Records supplied section start

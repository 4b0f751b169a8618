// What the check says of a line.
ghost use Rattle.std.specs.Prelude.{◌≡◌, IfOk, MatchResult, Some};
ghost use Rattle.std.specs.Option.{unwrap_or};
ghost use Rattle.unit.specs.Bytes.{no_bytes};
ghost use Rattle.unit.specs.Verdict.{verdict};
ghost use Rattle.unit_lines.specs.Line.{line_tables};
ghost use Rattle.unit_lines.specs.Outcomes.{judged, outcome_of, outcome_text, AcceptedLine};

use crate::error::LineError;
use crate::line::UnitLine;
use std::alloc::AllocError;
use std::fmt;
use unit::checked::CheckedUnit;
use unit::refusal::Refusal;

// No Option or Result: the line has one of three answers, and none of them is an error.
#[derive(Clone, Copy, PartialEq, Eq, Debug)]
pub enum Outcome {
    Accepted,
    Refused(Refusal),
    Unreadable,
}

impl fmt::Display for Outcome {
    ghost output = { λ o. Some (outcome_text o) };

    fn fmt<W: fmt::Write>(&self, f: &mut fmt::Formatter<W>) -> fmt::Result {
        match *self {
            Outcome::Accepted => write!(f, "accepted"),
            Outcome::Refused(refusal) => write!(f, "{refusal}"),
            Outcome::Unreadable => write!(f, "unreadable"),
        }
    }
}

impl UnitLine {
    // What the check says of the tables that were read.
    fn judge(&self) -> Outcome
        ensures { result ≡ judged (verdict self.now) }
    {
        CheckedUnit::try_from(self.tables()).map_or_else(Outcome::Refused, |_| Outcome::Accepted)
    }

    // Reads a line, and checks the unit that it stands for. It fails only for want of memory.
    #[tactic(auto, using(crate::proofs::Accepted::accepted_line))]
    pub fn outcome(&mut self, line: &[u8]) -> Result<Outcome, AllocError>
        ensures answer { IfOk result (λ o. o ≡ outcome_of line.now) }
        ensures accepted { AcceptedLine line.now }
        ensures memory { MatchResult result (λ _. self.new ≡ unwrap_or (line_tables line.now) no_bytes) (λ _. self.new ≡ no_bytes) }
    {
        match self.read(line) {
            Ok(()) => Ok(self.judge()),
            Err(LineError::Unreadable) => Ok(Outcome::Unreadable),
            // An `AllocError` has one value, so that the error of the line does not carry it.
            Err(LineError::Memory) => Err(AllocError),
        }
    }
}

Records supplied section end

-- Exercise prompt --
Your answer must consist solely of the lines from the top of the entries above through the line containing "#[tactic(auto, using(crate::proofs::Accepted::accepted_line))]", copied exactly, both ends included.

-- Solved problem --
repository 4b0f751b169a8618
// What the check says of a line.
ghost use Rattle.std.specs.Prelude.{◌≡◌, IfOk, MatchResult, Some};
ghost use Rattle.std.specs.Option.{unwrap_or};
ghost use Rattle.unit.specs.Bytes.{no_bytes};
ghost use Rattle.unit.specs.Verdict.{verdict};
ghost use Rattle.unit_lines.specs.Line.{line_tables};
ghost use Rattle.unit_lines.specs.Outcomes.{judged, outcome_of, outcome_text, AcceptedLine};

use crate::error::LineError;
use crate::line::UnitLine;
use std::alloc::AllocError;
use std::fmt;
use unit::checked::CheckedUnit;
use unit::refusal::Refusal;

// No Option or Result: the line has one of three answers, and none of them is an error.
#[derive(Clone, Copy, PartialEq, Eq, Debug)]
pub enum Outcome {
    Accepted,
    Refused(Refusal),
    Unreadable,
}

impl fmt::Display for Outcome {
    ghost output = { λ o. Some (outcome_text o) };

    fn fmt<W: fmt::Write>(&self, f: &mut fmt::Formatter<W>) -> fmt::Result {
        match *self {
            Outcome::Accepted => write!(f, "accepted"),
            Outcome::Refused(refusal) => write!(f, "{refusal}"),
            Outcome::Unreadable => write!(f, "unreadable"),
        }
    }
}

impl UnitLine {
    // What the check says of the tables that were read.
    fn judge(&self) -> Outcome
        ensures { result ≡ judged (verdict self.now) }
    {
        CheckedUnit::try_from(self.tables()).map_or_else(Outcome::Refused, |_| Outcome::Accepted)
    }

    // Reads a line, and checks the unit that it stands for. It fails only for want of memory.
    #[tactic(auto, using(crate::proofs::Accepted::accepted_line))]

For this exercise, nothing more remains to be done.